On the chart are two conspicuous points which are also conspicuous on radar. Point
B is a small island situated close to the shore on the eastern side of the entrance
while point C is a headland marking the western side of the entrance. Both B and C
appear to be suitable marks on which the course alteration can be made. If C is
chosen, the moment at which course should be altered will be determined by radar
bearing, whereas if B is chosen it will depend on the radar range.

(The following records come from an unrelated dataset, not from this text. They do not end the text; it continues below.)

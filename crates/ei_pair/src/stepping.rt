//! The server hands its next message on to its handshaker or converter.

ghost use Rattle.std.specs.Prelude.{◌≡◌, true, false, Bool, Result, IsErrOf};
ghost use Rattle.ei_types.specs.declared.error.Error.TheVariants as error;
ghost use Rattle.ei_backend.specs.Lent.{LentClock};
ghost use Rattle.ei_linked.specs.declared.side.Side.TheVariants as of_side;
ghost use Rattle.ei_promises.specs.Stepping.{or_wanted, StepsServer};
ghost use Rattle.ei_promises.specs.Promises.{ShakesFreely, TakesAll};
ghost use Rattle.ei_pair.specs.Parts.{pair_in};
ghost use Rattle.ei_pair.specs.Stepped.{IsSound, TookRequest};
ghost use Rattle.ei_pair.specs.Spent.{SpendsAtStep};
ghost use Rattle.ei_pair.specs.Handed.{HandsEnds, HandsParts, TakesParts};

use crate::parts::Parts;
use crate::server_end::ServerEnd;
use crate::shaking::obey_at;
use crate::storing::store_server;
use ei_backend::{Clock, PendingRequestResult};
use ei_handler::Call;
use ei_handshake::EisHandshaker;
use ei_linked::Ends;
use ei_promises::laws;
use ei_server::Request;
use ei_types::{Error, HandshakeError};

impl<H: Call> Parts<H> {
    /// The server hands its next message on.
    pub(crate) fn step_server<C: Clock>(&mut self, clock: &mut C) -> Result<bool, Error>
        requires sound { IsSound self.old }
        requires whole { self.old.ends.spent ≡ false }
        ensures steps { self.new.ends.spent ≡ false → StepsServer (pair_in self.old)
            (C.view clock.old).left (C.view clock.new).left result (pair_in self.new) }
        ensures memory { self.new.ends.spent ≡ true → IsErrOf result error.NoMemory }
        ensures spent { self.new.ends.spent ≡ true → SpendsAtStep of_side.Server (pair_in self.old) (pair_in self.new) }
        ensures sound { IsSound self.new }
        // what may be relied on
        ensures freely { ShakesFreely of_side.Server (pair_in self.old) result }
        ensures all { TakesAll of_side.Server (pair_in self.old) result }
        ensures clock { LentClock C.later clock.old clock.new }
    {
        laws::stepping::<H>();
        laws::waiting::<H>();
        laws::resting::<H>();
        let stepped = self.take_request(clock);
        self.server_wanted = is_wanted(self.server_wanted, &stepped);
        stepped
    }

    /// The same, but that want of memory isn't kept.
    fn take_request<C: Clock>(&mut self, clock: &mut C) -> Result<bool, Error>
        requires sound { IsSound self.old }
        requires whole { self.old.ends.spent ≡ false }
        ensures takes { TakesParts self.old (C.view clock.old).left (C.view clock.new).left result self.new }
        ensures clock { LentClock C.later clock.old clock.new }
    {
        let Some(pending) = self.ends.read_server()? else {
            return Ok(false);
        };
        match pending {
            PendingRequestResult::Request(request) => {
                self.hand_request(clock, request)?;
                Ok(true)
            }
            PendingRequestResult::InvalidObject(id) => {
                if self.handle().is_none() {
                    return Err(Error::Handshake(HandshakeError::InvalidObject(id)));
                }
                Ok(true)
            }
            PendingRequestResult::ParseError(error) => Err(Error::from(error)),
        }
    }

    /// The server's handshaker or its converter handles a request, and what it sends is stored, be it refused or not.
    fn hand_request<C: Clock>(&mut self, clock: &mut C, request: Request) -> Result<(), Error>
        requires took { TookRequest request (pair_in self.old) }
        requires serial { self.old.serial ≡ self.old.tells.serial }
        ensures hands { HandsParts self.old request (C.view clock.old).left (C.view clock.new).left result self.new }
        ensures clock { LentClock C.later clock.old clock.new }
    {
        laws::server_sends::<H>();
        hand(
            &mut self.ends,
            &mut self.tells,
            self.initial_serial,
            clock,
            request,
        )
    }
}

/// The same of both ends.
fn hand<C: Clock>(
    ends: &mut Ends<ServerEnd>,
    tells: &mut EisHandshaker,
    serial: u32,
    clock: &mut C,
    request: Request,
) -> Result<(), Error>
    requires serial { serial ≡ tells.old.serial }
    ensures hands { HandsEnds ends.old tells.old request (C.view clock.old).left (C.view clock.new).left
        result tells.new ends.new }
    ensures clock { LentClock C.later clock.old clock.new }
{
    let before = ends.server.unsent();
    let obeyed = obey_at(ends.alloc, &mut ends.server, tells, serial, clock, request);
    if store_server(ends, before).is_err() {
        ends.server.untake();
        return Err(Error::NoMemory);
    }
    obeyed
}

/// Whether memory was wanted, by a step before or by this one.
pub(crate) fn is_wanted(before: bool, stepped: &Result<bool, Error>) -> bool
    ensures { result ≡ or_wanted before stepped.now }
{
    before || matches!(stepped, Err(Error::NoMemory))
}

3-Anchoring Of Vessel: If one wanted to anchor in the desired position , the
following procedure would be carried out. The approach course (track) should be
drawn on the applicable chart with the anchor position clearly marked. The track
should be marked back at one cable distances from the anchor position.
On the chart a radar conspicuous point should be selected, in this case a projection
of land (object B). A line is drawn through this point, parallel to the approach track
and the perpendicular drawn from A to this line at C. The PPI cursor is then prepared
as indicated in the sketch on the display scale to be used, with the parallel index line
drawn at the cross index range from the centre. The dead range is then marked, also
the intervals of cable to the limit of the range of the cursor. The cursor is then rotated
so that the index lines are parallel to the approach track. As the ship approaches, the
distance to go is indicated on the cursor by the position of the echo of B.
4-Anti-collision (Collision Avoidance). Another use of parallel index occurs in anti-
collision work, both in fog and in good visibility. If the parallel index is aligned with a
few successive plots of another ship, the risk of collision can be rapidly assessed. If
the relative track of the other ship passes through the centre of the PPI, then the ship
is on a collision course. In the figure below, ship A is on a collision course. Ship B
will pass clear on the port side of the own vessel heading north. The closest point of
approach (CPA) of B is the point Y and XY is the cross index range.